In 1853, Karl Marx sent a dispatch from London to be published in the New York Daily Tribune. Reflecting on the role of the British in India, Marx decreed that “England has to fulfill a double mission in India: one destructive, the other regenerating the annihilation of old Asiatic society, and the laying the material foundations of Western society in Asia.” The pain of those material foundations, of course, merely sets the stage for the new world’s worker’s utopia. A similarly gargantuan task could describe the e-books released by Badlands Unlimited. Badlands describes itself as making “books in an expanded field,” a tall order in today’s milieu of nostalgic preservation for the printed book’s 20th century form.

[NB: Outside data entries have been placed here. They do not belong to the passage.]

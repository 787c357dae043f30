//! Steps that can be made at once: where a history explains the trace, one does that makes such a step now.

use entry_codec::Status;
use nvme_model::array::Range;
use trace_walk::{
    Awaited, Choice, Line, SoughtOp, SoughtTicket, TraceTables, Walk, fits, number_at,
    wanted_completion,
};

/// Whether a Fetch from a submission queue is to be made.
#[derive(Clone, Copy, PartialEq, Eq)]
pub(crate) enum FetchDue {
    Never,
    Maybe,
    Now,
}

// Whether the newest entries of a queue end with a first of a pair, not yet fetched, whose second comes next.
fn splits_a_pair(walk: &Walk, tables: &TraceTables, queue: usize) -> bool {
    let published = number_at(&walk.published, queue);
    if published <= number_at(&walk.fetched, queue) {
        return false;
    }
    is_fused(tables, queue, published.saturating_sub(1), 1) && is_fused(tables, queue, published, 2)
}

/// Whether the next line can be taken, and whether nothing can be better before it.
pub(crate) fn line_fits(walk: &Walk, tables: &TraceTables) -> (bool, bool) {
    match walk.line(tables) {
        Some(Line::Publish(queue, _, after)) => {
            let waiting = after.saturating_sub(number_at(&walk.fetched, queue));
            let room = waiting < usize::from(tables.numbers.sq_size);
            (room, room && !splits_a_pair(walk, tables, queue))
        }
        Some(Line::Reap(cq)) => {
            let some = number_at(&walk.posted, cq) > number_at(&walk.reaped, cq);
            (some, some)
        }
        None => (false, false),
    }
}

// Whether an entry that is published before a completion is reaped, and isn't fetched yet, has its identifier.
fn is_reused(walk: &Walk, tables: &TraceTables, completion: &Awaited) -> bool {
    let Some(entries) = tables.entries.get(completion.queue) else {
        return false;
    };
    for number in number_at(&walk.fetched, completion.queue)..entries.len() {
        match entries.get(number) {
            Some(entry) if entry.line < completion.line => {
                if entry.item.sqe().cid == completion.cqe.cid {
                    return true;
                }
            }
            Some(_) | None => return false,
        }
    }
    false
}

// Whether a Fetch is to be made, where no SQHD says more: at once, unless its identifiers may still be in use.
fn fetching_freely(walk: &Walk, tables: &TraceTables, queue: usize, fetched: usize) -> FetchDue {
    for number in fetched..fetched.saturating_add(2) {
        if let Some(entry) = tables.entry(queue, number) {
            if users(walk, queue, entry.item.sqe().cid).0 > 0 {
                return FetchDue::Maybe;
            }
        }
    }
    FetchDue::Now
}

/// Whether as many entries are fetched as this completion says, and that number is sure.
pub(crate) fn is_at_head(walk: &Walk, tables: &TraceTables, completion: &Awaited) -> (bool, bool) {
    if tables.options.ignored.sqhd {
        return (true, !is_reused(walk, tables, completion));
    }
    let size = usize::from(tables.numbers.sq_size);
    let fetched = number_at(&walk.fetched, completion.queue);
    let head = fetched.checked_rem(size) == Some(usize::from(completion.cqe.sqhd));
    let round = fetched.saturating_add(size).saturating_sub(1);
    let wraps = match tables.entry(completion.queue, round) {
        Some(entry) => entry.line < completion.line,
        None => false,
    };
    (head, !wraps)
}

/// The tickets in flight of a queue that use an identifier: how many, and the last of them.
pub(crate) fn users(walk: &Walk, queue: usize, cid: u16) -> (usize, usize) {
    let mut count = 0usize;
    let mut last = usize::MAX;
    for number in walk.in_flight.as_slice() {
        if let Some(ticket) = walk.tickets.get(*number) {
            if ticket.queue == queue && ticket.uses(cid) {
                count = count.saturating_add(1);
                last = *number;
            }
        }
    }
    (count, last)
}

// A Post to this completion queue that nothing else can take the place of.
fn forced_post_to(walk: &Walk, tables: &TraceTables, cq: usize) -> Option<Choice> {
    let (which, completion) = tables.wanted(cq, number_at(&walk.posted, cq))?;
    let (head, sure) = is_at_head(walk, tables, &completion);
    if !head || !sure || !walk.has_room(tables, cq) {
        return None;
    }
    let (count, number) = users(walk, completion.queue, completion.cqe.cid);
    let ticket = walk.ticket(number)?;
    if count == 1
        && fits(
            &tables.options,
            &ticket,
            which,
            &completion.cqe,
            completion.length,
        )
    {
        return Some(Choice::Post(cq, number));
    }
    None
}

fn forced_post(walk: &Walk, tables: &TraceTables) -> Option<Choice> {
    for cq in 0..walk.posted.len() {
        let choice = forced_post_to(walk, tables, cq);
        if choice.is_some() {
            return choice;
        }
    }
    None
}

// A unit that only reads or compares, and whose answer is right now.
fn forced_unit(walk: &Walk, tables: &TraceTables) -> Option<Choice> {
    for number in walk.in_flight.as_slice() {
        let ticket = walk.tickets.get(*number)?;
        if ticket.finds.is_some() && ticket.has_unit() {
            let range = walk.next_unit(tables, ticket)?;
            if is_right_now(walk, tables, ticket, &range) {
                return Some(Choice::Unit(*number));
            }
        }
    }
    None
}

fn is_right_now(walk: &Walk, tables: &TraceTables, ticket: &SoughtTicket, range: &Range) -> bool {
    let Some(completion) = wanted_completion(tables, ticket) else {
        return false;
    };
    if !walk.is_known(range) {
        return false;
    }
    let success = completion.cqe.status == Status::SUCCESS;
    match ticket.kind {
        SoughtOp::Read => success
            && has_data(ticket, &completion)
            && finds_all(walk, tables, ticket, range),
        SoughtOp::Compare => finds_all(walk, tables, ticket, range) == success,
        SoughtOp::Pair => !success && !finds_all(walk, tables, ticket, range),
        SoughtOp::Idle | SoughtOp::Write | SoughtOp::WriteZeroes => false,
    }
}

/// Whether a ticket finds in these blocks what it is to find.
pub(crate) fn finds_all(
    walk: &Walk,
    tables: &TraceTables,
    ticket: &SoughtTicket,
    range: &Range,
) -> bool {
    walk.equal(tables, ticket, range) == range.blocks
}

/// Whether a Fetch from a submission queue is to be made.
pub(crate) fn fetching(walk: &Walk, tables: &TraceTables, queue: usize) -> FetchDue {
    let fetched = number_at(&walk.fetched, queue);
    let published = number_at(&walk.published, queue);
    if fetched >= published {
        return FetchDue::Never;
    }
    if published == fetched.saturating_add(1) && splits_a_pair(walk, tables, queue) {
        return FetchDue::Maybe;
    }
    if tables.options.ignored.sqhd {
        return fetching_freely(walk, tables, queue, fetched);
    }
    let Some(completion) = tables.awaited(queue, number_at(&walk.answered, queue)) else {
        return fetching_freely(walk, tables, queue, fetched);
    };
    let (head, sure) = is_at_head(walk, tables, &completion);
    if !head {
        FetchDue::Now
    } else if sure {
        FetchDue::Never
    } else {
        FetchDue::Maybe
    }
}

/// Whether the next entry of a submission queue may have been refused.
pub(crate) fn is_doubtful(walk: &Walk, tables: &TraceTables, queue: usize) -> bool {
    match tables.entry(queue, number_at(&walk.fetched, queue)) {
        Some(entry) => entry.doubtful,
        None => false,
    }
}

fn forced_fetch(walk: &Walk, tables: &TraceTables) -> Option<Choice> {
    if tables.crowded {
        return None;
    }
    for queue in 0..walk.fetched.len() {
        let now = fetching(walk, tables, queue) == FetchDue::Now;
        if now && !is_doubtful(walk, tables, queue) {
            return Some(Choice::Fetch(queue));
        }
    }
    None
}

/// A step that can be made at once.
pub(crate) fn forced(walk: &Walk, tables: &TraceTables) -> Option<Choice> {
    if line_fits(walk, tables).1 {
        return Some(Choice::Line);
    }
    let post = forced_post(walk, tables);
    if post.is_some() {
        return post;
    }
    let unit = forced_unit(walk, tables);
    if unit.is_some() {
        return unit;
    }
    forced_fetch(walk, tables)
}

fn is_fused(tables: &TraceTables, queue: usize, number: usize, fuse: u8) -> bool {
    match tables.entry(queue, number) {
        Some(entry) => entry.item.sqe().fuse() == fuse,
        None => false,
    }
}

/// Whether a completion has as many bytes as a Read reads.
pub(crate) fn has_data(ticket: &SoughtTicket, completion: &Awaited) -> bool {
    completion.length == (ticket.range.blocks as usize).saturating_mul(512)
}
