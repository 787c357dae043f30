//! The first lines of a trace, and whether a slice of them has no order.

use crate::touching::Touching;
use history::Config;
use refutation::Refutation;
use refutation_check::refute;
use std::alloc::{AllocError as NoMemory, Global};
use trace::{Seen, TraceOptions};

/// The first lines of a trace.
#[derive(Clone, Copy)]
pub(crate) struct Part<'a> {
    pub(crate) options: &'a TraceOptions,
    pub(crate) config: &'a Config,
    /// The lines, the oldest first.
    pub(crate) trace: &'a [Seen],
}

/// The refutation of these lines by these blocks and commands, which rise.
///
/// # Errors
///
/// `NoMemory` alone.
pub(crate) fn refutation_of(
    alloc: Global,
    part: &Part<'_>,
    blocks: &[u64],
    commands: &[Touching],
) -> Result<Refutation, NoMemory> {
    let mut refutation = Refutation::of_lines(alloc, part.trace.len() as u64);
    for block in blocks {
        refutation.add_block(*block)?;
    }
    for command in commands {
        refutation.add_command(command.queue, command.number)?;
    }
    Ok(refutation)
}

/// Whether these lines are refuted by these blocks and commands.
///
/// # Errors
///
/// `NoMemory` alone.
pub(crate) fn is_refuted_by(
    alloc: Global,
    part: &Part<'_>,
    blocks: &[u64],
    commands: &[Touching],
) -> Result<bool, NoMemory> {
    let refutation = refutation_of(alloc, part, blocks, commands)?;
    refute(alloc, part.options, part.config, part.trace, &refutation)
}
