//! Units that compare blocks of which it is open what they held: each answer that the completion allows is tried.

use entry_codec::Status;
use std::alloc::AllocError as NoMemory;
use trace_walk::{Choice, SoughtTicket, TraceTables, Walk, wanted_completion};

// Whether a ticket can have a unit whose blocks are all equal, or one of which a block differs.
fn can_be(tables: &TraceTables, ticket: &SoughtTicket, all_equal: bool, is_last: bool) -> bool {
    match wanted_completion(tables, ticket) {
        None => true,
        Some(completion) if completion.cqe.status == Status::SUCCESS => all_equal,
        Some(_) => !(all_equal && is_last),
    }
}

/// Adds the next unit of a ticket once for each answer that it may have, and says so, where it compares blocks of which
/// one is open.
pub(crate) fn add_compared(
    walk: &Walk,
    tables: &TraceTables,
    number: usize,
    choices: &mut Vec<Choice>,
) -> Result<bool, NoMemory> {
    let Some(ticket) = walk.ticket(number) else {
        return Ok(false);
    };
    let Some(range) = walk.next_unit(tables, &ticket) else {
        return Ok(false);
    };
    if !ticket.compares() || walk.is_known(&range) {
        return Ok(false);
    }
    let is_last = ticket.left <= range.blocks;
    for equal in 0..=range.blocks {
        let can_be = can_be(tables, &ticket, equal == range.blocks, is_last);
        if can_be && walk.may_be_equal(tables, &ticket, &range, equal) {
            choices.push(Choice::Compared(number, equal))?;
        }
    }
    Ok(true)
}
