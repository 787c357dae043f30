//! The fewest first lines of a trace for which no history is found.

use crate::searching::{End, ending};
use history::Config;
use std::alloc::{AllocError as NoMemory, Global};
use trace::{Seen, TraceOptions};
use trace_walk::read_tables;

// How a search for a history of so many first lines ends.
fn ending_of(
    alloc: Global,
    options: &TraceOptions,
    config: &Config,
    trace: &[Seen],
    lines: usize,
    steps: u64,
) -> Result<End, NoMemory> {
    match trace.get(..lines) {
        Some(front) => {
            let mut tables = read_tables(alloc, options, config, front)?;
            ending(alloc, &mut tables, steps)
        }
        None => Ok(End::Tried),
    }
}

/// The fewest first lines for which a search ended and found no history, where for `known` of them there is one. What
/// was given up says nothing of them: the fewest are then looked for among more lines, which may be too many.
///
/// # Errors
///
/// `NoMemory` alone.
pub(crate) fn least_beginning(
    alloc: Global,
    options: &TraceOptions,
    config: &Config,
    trace: &[Seen],
    known: usize,
    steps: u64,
) -> Result<usize, NoMemory> {
    let mut passed = known;
    let mut missing = trace.len();
    let mut stride = 1usize;
    for _ in 0..64 {
        if missing.saturating_sub(passed) <= 1 {
            return Ok(missing);
        }
        let next = passed.saturating_add(stride);
        if next >= missing {
            break;
        }
        match ending_of(alloc, options, config, trace, next, steps)? {
            End::Tried => missing = next,
            End::Found | End::StepsUsed => passed = next,
        }
        stride = stride.saturating_mul(2);
    }
    for _ in 0..64 {
        if missing.saturating_sub(passed) <= 1 {
            return Ok(missing);
        }
        let middle = passed.saturating_add(missing.saturating_sub(passed) / 2);
        match ending_of(alloc, options, config, trace, middle, steps)? {
            End::Tried => missing = middle,
            End::Found | End::StepsUsed => passed = middle,
        }
    }
    Ok(missing)
}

The press’ latest release, How to Download a Boyfriend, features image-based contributions from 50 artists strung together by a tongue-in-cheek interactive quiz about love in the digital age. Ian Cheng offers a peek at Duchamp’s Étant donnés through a BlackBerry camera, while Sarah Chow’s tantalizing cotton candy colored, textured rock face hints at a pleasure of touch that remains unfulfilled by the flat smoothness of tablet technology. Other artists include vanguard stalwards Tony Conrad and Peggy Ahwesh, new media stars Cory Archangel and Petra Cortright, alongside Billy Rennekamp, Josh Kline, Travess Smalley, and other artists that have been previously featured on Rhizome. While the HTDLAB engages with the practice of reading and being an e-book, it's also site refreshingly free of reverence and infused with a spirit of exploration and experimentation.

Questions range from the practical (Can I use your Netflix account if we break up?) to the absurd (“What names do you scream into a car crusted pillow with OK Cupid howling on a laptop nearby?”). The interactive answering of questions to which any answer seems equally plausible highlights the ritual of interactivity experienced by all users of Apps and Internet access devices, in which touching the screen sometimes seems as arbitrary as leaving it alone. To that end, Badlands forgoes the popular Apple zoom technique, replacing it with the ability to twist and dance with images as you slide from artist to artist. How to Download a Boyfriend was designed specifically to be experienced on an iPad, a reminder that the embrace of immateriality is accompanied by complicity with monolithic consumer technology.

At it's core, How to Download a Boyfriend isn’t a picture book with visual interludes passing as an e-book or a scanned book you read on your phone: it’s simply an e-book. By refusing to repeat tired, overhyped strategies of modernization and creating a showcase of artistic strategies within digital culture, Badlands Unlimited provides a welcome edition to a forum of imagining the future of the book. Faced with the impending annihilation of physical things, the most familiar form of resistance is a return to an artisinal, pre-commodified version of object-culture. Badlands embraces the complex process of dematerialization and ensures that there will be something to look forward to when the physical book, like everything else solid, melts into air.